It is important for Contractors as part of design, and Operators maintaining compliance of
existing assets, to take full responsibility for applying the most appropriate analysis techniques.
Whilst little has changed in hardware terms with blowdown valves, relief valves, rupture discs
and flare systems, our understanding has changed of the parameters which cause relieving
events, the calculation of the required capacity and device sizing methods. Recent changes in the
API Standards [3,6] have also meant that new techniques are now recommended to reduce un-
certainty and over- conservatism.
Driving the improvement of Standards, has been a number of well publicized Industry Incidents.
The fire and explosion at Texas City, resulted in a wide ranging review of plant design safety,
operational factors and industry codes of practice. Consequently, API Standard 521 was
reviewed and updated following the 1987 Hydrocracker explosion at Grangemouth, Texas City
and more recently, following the Williams Geismar Olefins Plant fire in 2013.
The impact changes to Standards on existing and ageing facilities is critical. Older facilities
however well maintained from a mechanical perspective, often do not maintain well documented
process design basis, relief and blowdown philosophy documentation and up to date calculations,
especially where assets have changed ownership over their lifetime.
Experience in performing relief system verifications on operational facilities, have shown large
numbers of significant faults due to impact of plant modifications after installation, or changes to
the device itself, or operational changes to the process.

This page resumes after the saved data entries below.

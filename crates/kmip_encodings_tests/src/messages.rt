//! Items as bytes in hex and as JSON, both written by hand.

/// An item in both encodings.
pub(crate) struct Row {
    pub(crate) hex: &'static str,
    pub(crate) json: &'static str,
}

/// The items of KMIP 1.0, 9.1.2, each with the tag 0x420020.
pub(crate) const EXAMPLES: &[Row] = &[
    Row {
        hex: "42002002000000040000000800000000",
        json: r#"{"tag":"CompromiseDate","type":"Integer","value":8}"#,
    },
    Row {
        hex: "420020030000000801B69B4BA5749200",
        json: r#"{"tag":"CompromiseDate","type":"LongInteger","value":"0x01B69B4BA5749200"}"#,
    },
    Row {
        hex: "42002004000000100000000003FD35EB6BC2DF4618080000",
        json: r#"{"tag":"CompromiseDate","type":"BigInteger","value":"0x0000000003FD35EB6BC2DF4618080000"}"#,
    },
    Row {
        hex: "4200200500000004000000FF00000000",
        json: r#"{"tag":"CompromiseDate","type":"Enumeration","value":"0x000000FF"}"#,
    },
    Row {
        hex: "42002006000000080000000000000001",
        json: r#"{"tag":"CompromiseDate","type":"Boolean","value":true}"#,
    },
    Row {
        hex: "420020070000000B48656C6C6F20576F726C640000000000",
        json: r#"{"tag":"CompromiseDate","type":"TextString","value":"Hello World"}"#,
    },
    Row {
        hex: "42002008000000030102030000000000",
        json: r#"{"tag":"CompromiseDate","type":"ByteString","value":"010203"}"#,
    },
    Row {
        hex: "42002009000000080000000047DA67F8",
        json: r#"{"tag":"CompromiseDate","type":"DateTime","value":"2008-03-14T11:56:40+00:00"}"#,
    },
    Row {
        hex: "4200200A00000004000D2F0000000000",
        json: r#"{"tag":"CompromiseDate","type":"Interval","value":864000}"#,
    },
    Row {
        hex: "42002001000000204200040500000004000000FE000000004200050200000004000000FF00000000",
        json: r#"{"tag":"CompromiseDate","value":[{"tag":"ApplicationSpecificInformation","type":"Enumeration","value":"0x000000FE"},{"tag":"ArchiveDate","type":"Integer","value":255}]}"#,
    },
];

/// Whole messages.
pub(crate) const MESSAGES: &[Row] = &[
    // Locate by an Object Type.
    Row {
        hex: "42007801000000904200770100000038420069010000002042006A0200000004000000010000000042006B0200000004000000000000000042000D0200000004000000010000000042000F010000004842005C050000000400000008000000004200790100000030420008010000002842000A070000000B4F626A6563742054797065000000000042000B05000000040000000400000000",
        json: r#"{"tag":"RequestMessage","value":[{"tag":"RequestHeader","value":[{"tag":"ProtocolVersion","value":[{"tag":"ProtocolVersionMajor","type":"Integer","value":1},{"tag":"ProtocolVersionMinor","type":"Integer","value":0}]},{"tag":"BatchCount","type":"Integer","value":1}]},{"tag":"BatchItem","value":[{"tag":"Operation","type":"Enumeration","value":"Locate"},{"tag":"RequestPayload","value":[{"tag":"Attribute","value":[{"tag":"AttributeName","type":"TextString","value":"Object Type"},{"tag":"AttributeValue","type":"Enumeration","value":"PrivateKey"}]}]}]}]}"#,
    },
    // A failure.
    Row {
        hex: "42007B01000000A842007A0100000048420069010000002042006A0200000004000000010000000042006B020000000400000002000000004200920900000008000000004F9A54E742000D0200000004000000010000000042000F010000005042005C0500000004000000140000000042007F0500000004000000010000000042007E0500000004000000010000000042007D0700000017436F756C64206E6F74206C6F63617465206F626A65637400",
        json: r#"{"tag":"ResponseMessage","value":[{"tag":"ResponseHeader","value":[{"tag":"ProtocolVersion","value":[{"tag":"ProtocolVersionMajor","type":"Integer","value":1},{"tag":"ProtocolVersionMinor","type":"Integer","value":2}]},{"tag":"TimeStamp","type":"DateTime","value":"2012-04-27T08:12:23+00:00"},{"tag":"BatchCount","type":"Integer","value":1}]},{"tag":"BatchItem","value":[{"tag":"Operation","type":"Enumeration","value":"Destroy"},{"tag":"ResultStatus","type":"Enumeration","value":"OperationFailed"},{"tag":"ResultReason","type":"Enumeration","value":"ItemNotFound"},{"tag":"ResultMessage","type":"TextString","value":"Could not locate object"}]}]}"#,
    },
    // The payload of a request to create a key.
    Row {
        hex: "4200790100000088420057050000000400000002000000004200910100000070420008010000003042000A070000001743727970746F6772617068696320416C676F726974686D0042000B05000000040000000300000000420008010000003042000A070000001843727970746F67726170686963205573616765204D61736B42000B02000000040000000C00000000",
        json: r#"{"tag":"RequestPayload","value":[{"tag":"ObjectType","type":"Enumeration","value":"SymmetricKey"},{"tag":"TemplateAttribute","value":[{"tag":"Attribute","value":[{"tag":"AttributeName","type":"TextString","value":"Cryptographic Algorithm"},{"tag":"AttributeValue","type":"Enumeration","value":"AES"}]},{"tag":"Attribute","value":[{"tag":"AttributeName","type":"TextString","value":"Cryptographic Usage Mask"},{"tag":"AttributeValue","type":"Integer","value":"Encrypt|Decrypt"}]}]}]}"#,
    },
    // Cryptographic parameters with names of several tables.
    Row {
        hex: "42002B01000000804200110500000004000000010000000042005F0500000004000000030000000042003805000000040000000600000000420083050000000400000001000000004200AE0500000004000000050000000042002805000000040000000400000000420028050000000400000007000000004200C506000000080000000000000000",
        json: r#"{"tag":"CryptographicParameters","value":[{"tag":"BlockCipherMode","type":"Enumeration","value":"CBC"},{"tag":"PaddingMethod","type":"Enumeration","value":"PKCS5"},{"tag":"HashingAlgorithm","type":"Enumeration","value":"SHA_256"},{"tag":"KeyRoleType","type":"Enumeration","value":"BDK"},{"tag":"DigitalSignatureAlgorithm","type":"Enumeration","value":"SHA_256WithRSAEncryptionPKCS_1V1_5"},{"tag":"CryptographicAlgorithm","type":"Enumeration","value":"RSA"},{"tag":"CryptographicAlgorithm","type":"Enumeration","value":"HMAC_SHA1"},{"tag":"RandomIV","type":"Boolean","value":false}]}"#,
    },
    // An item whose tag has no name, empty values, and a text with characters that are escaped.
    Row {
        hex: "54000101000000385400FF010000000042009407000000004200C20800000000420052040000000042007D07000000106122625C630AC3A9E282ACF09F949101",
        json: r#"{"tag":"0x540001","value":[{"tag":"0x5400FF","value":[]},{"tag":"UniqueIdentifier","type":"TextString","value":""},{"tag":"Data","type":"ByteString","value":""},{"tag":"Modulus","type":"BigInteger","value":"0x"},{"tag":"ResultMessage","type":"TextString","value":"a\"b\\c\né€🔑\u0001"}]}"#,
    },
    // Dates.
    Row {
        hex: "54000201000000C04200920900000008FFFFFFFFFFFFFFFF42009209000000080000000038BB0C004200920900000008FFFFFFFF7CA2A1404200920900000008FFFFFFFF7CA34A004200920900000008FFFFFFF1886E090042009209000000080000003AFFF4417F4200920900000008000000006774857F420092090000000800000000F4D41F8042009209000000080000003AFFF441804200920900000008800000000000000042009209000000087FFFFFFFFFFFFFFF4200920900000008FFFFFFF1886E08FF",
        json: r#"{"tag":"0x540002","value":[{"tag":"TimeStamp","type":"DateTime","value":"1969-12-31T23:59:59+00:00"},{"tag":"TimeStamp","type":"DateTime","value":"2000-02-29T00:00:00+00:00"},{"tag":"TimeStamp","type":"DateTime","value":"1900-02-28T12:00:00+00:00"},{"tag":"TimeStamp","type":"DateTime","value":"1900-03-01T00:00:00+00:00"},{"tag":"TimeStamp","type":"DateTime","value":"0001-01-01T00:00:00+00:00"},{"tag":"TimeStamp","type":"DateTime","value":"9999-12-31T23:59:59+00:00"},{"tag":"TimeStamp","type":"DateTime","value":"2024-12-31T23:59:59+00:00"},{"tag":"TimeStamp","type":"DateTime","value":"2100-03-01T00:00:00+00:00"},{"tag":"TimeStamp","type":"DateTime","value":"0x0000003AFFF44180"},{"tag":"TimeStamp","type":"DateTime","value":"0x8000000000000000"},{"tag":"TimeStamp","type":"DateTime","value":"0x7FFFFFFFFFFFFFFF"},{"tag":"TimeStamp","type":"DateTime","value":"0xFFFFFFF1886E08FF"}]}"#,
    },
    // Long Integers.
    Row {
        hex: "540003010000007042009A0300000008000FFFFFFFFFFFFF42009A0300000008001000000000000042009A0300000008FFF000000000000142009A0300000008FFF000000000000042009A0300000008002000000000000142009A0300000008800000000000000042009A03000000080000000000000000",
        json: r#"{"tag":"0x540003","value":[{"tag":"ValidityDate","type":"LongInteger","value":4503599627370495},{"tag":"ValidityDate","type":"LongInteger","value":"0x0010000000000000"},{"tag":"ValidityDate","type":"LongInteger","value":-4503599627370495},{"tag":"ValidityDate","type":"LongInteger","value":"0xFFF0000000000000"},{"tag":"ValidityDate","type":"LongInteger","value":"0x0020000000000001"},{"tag":"ValidityDate","type":"LongInteger","value":"0x8000000000000000"},{"tag":"ValidityDate","type":"LongInteger","value":0}]}"#,
    },
    // The ends of the ranges of numbers.
    Row {
        hex: "540004010000004042006A0200000004800000000000000042006A02000000047FFFFFFF0000000042006A0A00000004FFFFFFFF0000000042006A0A000000040000000000000000",
        json: r#"{"tag":"0x540004","value":[{"tag":"ProtocolVersionMajor","type":"Integer","value":-2147483648},{"tag":"ProtocolVersionMajor","type":"Integer","value":2147483647},{"tag":"ProtocolVersionMajor","type":"Interval","value":4294967295},{"tag":"ProtocolVersionMajor","type":"Interval","value":0}]}"#,
    },
    // An attribute's name says nothing of the values in other structures.
    Row {
        hex: "4200910100000038420008010000002042000A0700000005537461746500000042000B0500000004000000020000000042000B05000000040000000200000000",
        json: r#"{"tag":"TemplateAttribute","value":[{"tag":"Attribute","value":[{"tag":"AttributeName","type":"TextString","value":"State"},{"tag":"AttributeValue","type":"Enumeration","value":"Active"}]},{"tag":"AttributeValue","type":"Enumeration","value":"0x00000002"}]}"#,
    },
    // Masks have the names of their bits, and bits without a name are in hex; no other number has names.
    Row {
        hex: "540005010000008042002C02000000040000100C0000000042002C0200000004000000000000000042002C0200000004001000040000000042002C0200000004FFFFFFFF0000000042002C0200000004800000000000000042008E0200000004000000030000000042008E0200000004000000050000000042002A02000000040000000C00000000",
        json: r#"{"tag":"0x540005","value":[{"tag":"CryptographicUsageMask","type":"Integer","value":"Encrypt|Decrypt|CertificateSign"},{"tag":"CryptographicUsageMask","type":"Integer","value":0},{"tag":"CryptographicUsageMask","type":"Integer","value":"Encrypt|0x00100000"},{"tag":"CryptographicUsageMask","type":"Integer","value":"Sign|Verify|Encrypt|Decrypt|WrapKey|UnwrapKey|Export|MACGenerate|MACVerify|DeriveKey|ContentCommitmentNonRepudiation|KeyAgreement|CertificateSign|CRLSign|GenerateCryptogram|ValidateCryptogram|TranslateEncrypt|TranslateDecrypt|TranslateWrap|TranslateUnwrap|0xFFF00000"},{"tag":"CryptographicUsageMask","type":"Integer","value":"0x80000000"},{"tag":"StorageStatusMask","type":"Integer","value":"OnLineStorage|ArchivalStorage"},{"tag":"StorageStatusMask","type":"Integer","value":"OnLineStorage|0x00000004"},{"tag":"CryptographicLength","type":"Integer","value":12}]}"#,
    },
];

/// Items whose names are read, and written otherwise: kmip-protocol's names, numbers in hex, masks as
/// numbers, and attributes whose values have no name.
pub(crate) const READ: &[Row] = &[
    Row {
        hex: "42002C02000000040000100C00000000",
        json: r#"{"tag":"CryptographicUsageMask","type":"Integer","value":4108}"#,
    },
    Row {
        hex: "42002C02000000040000100C00000000",
        json: r#"{"tag":"CryptographicUsageMask","type":"Integer","value":"0x0000100c"}"#,
    },
    Row {
        hex: "42003805000000040000000600000000",
        json: r#"{"tag":"HashingAlgorithm","type":"Enumeration","value":"SHA256"}"#,
    },
    Row {
        hex: "42003805000000040000000600000000",
        json: r#"{"tag":"HashingAlgorithm","type":"Enumeration","value":"0x00000006"}"#,
    },
    Row {
        hex: "42005C05000000040000001D00000000",
        json: r#"{"tag":"Operation","type":"Enumeration","value":"RekeyKeyPair"}"#,
    },
    Row {
        hex: "42004105000000040000000200000000",
        json: r#"{"tag":"KeyCompressionType","type":"Enumeration","value":"ECPUblicKeyTypeX962CompressedPrime"}"#,
    },
    Row {
        hex: "4200AE05000000040000000800000000",
        json: r#"{"tag":"DigitalSignatureAlgorithm","type":"Enumeration","value":"RSASSA_PSS_PKCS1_v1_5"}"#,
    },
    // The attribute's name says which table its value is of, and an index may stand between.
    Row {
        hex: "420008010000004042000A070000001743727970746F6772617068696320416C676F726974686D004200090200000004000000000000000042000B05000000040000000200000000",
        json: r#"{"tag":"Attribute","value":[{"tag":"AttributeName","type":"TextString","value":"Cryptographic Algorithm"},{"tag":"AttributeIndex","type":"Integer","value":0},{"tag":"AttributeValue","type":"Enumeration","value":"TRIPLE_DES"}]}"#,
    },
    // An attribute of no table has a number alone.
    Row {
        hex: "420008010000002042000A0700000003782D61000000000042000B05000000040000000200000000",
        json: r#"{"tag":"Attribute","value":[{"tag":"AttributeName","type":"TextString","value":"x-a"},{"tag":"AttributeValue","type":"Enumeration","value":"0x00000002"}]}"#,
    },
];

Therefore periodically, Process Hazards
Analysis (PHA) and independent third party verifications, are necessary to assess blowdown,
flare and relief systems to ensure the records and sizing is compliant with latest standards.
In the USA, OSHA 3133 provides the framework for process safety management and the
impetus to organizations to comply with the standards. In other regions of the world the National
Offshore Petroleum Safety and Environmental Management Authority (NOPSEMA) in
Australia, and the Health and Safety Executive (HSE) in the UK adopt similar schemes.
Formal and mandatory programs of assessment (OSHA) are an important part of maintenance of
safety integrity. The PHA should be conducted on a new facility or after a significant process
modification prior to start up, and then re-validated on a 5 year cycle. The re-validation cycle is
also supported by the general requirement to update and re-issue API Standards every 6 years.
The Operator is also responsible for the analysis and documentation for existing equipment
designed to standards and codes which are no longer in use, to determine that the equipment
design is still appropriate, and operating in a safe manner.
Whilst a PHA must be periodically re-validated, there is no reason why a more proactive
approach to hazard evaluation should not be the basis of process safety management. When
major incidents occur, the root causes are analysed to ensure that an Operators own facility does
not share similar risks.
2 Major Incidents involving overpressure protection systems and case
studies of advanced analysis
2.1 Grangemouth, UK, Fire and Explosion of Hydrocracker, 1987
Figure 1. Schematic of HP/ LP separator
The Hydrocracker Incident at Grangemouth in 1987, was investigated by the UK Health and safety
Executive (HSE) report : The fires and explosion at BP Oil (Grangemouth) Ltd. Through a series of
operational failures on start up of the unit, the last line of defense, the relief devices were
subjected to an overpressure many times higher than their design, and the LP separator failed
catastrophically. The resulting explosion and fire, killed one Operator but could have resulted in
many more fatalities as it occurred during early morning shift handover when the plant was not
operating and few personnel were outside of the control room.
The unit was not on feed, but maintaining recycle flow. The level controller and its trip function
were in-operative and the valves were being controlled manually. The gauging that the operators
relied upon had a 10% zero offset, so read 10% when the level was actually zero.
An extra low low level trip had been disabled as it had caused spurious trips due to ‘vortexing’ of
the liquid at low liquid levels.
When the valves were manually operated to control the level in the HP separator, the liquid
drained away and HP gas entered the LP separator.
Previously an audit in 1975 had confirmed the need to retain the extra low level trip (ELLT) in
operation and that the PSV’s were not sized for the gas breakthrough scenario.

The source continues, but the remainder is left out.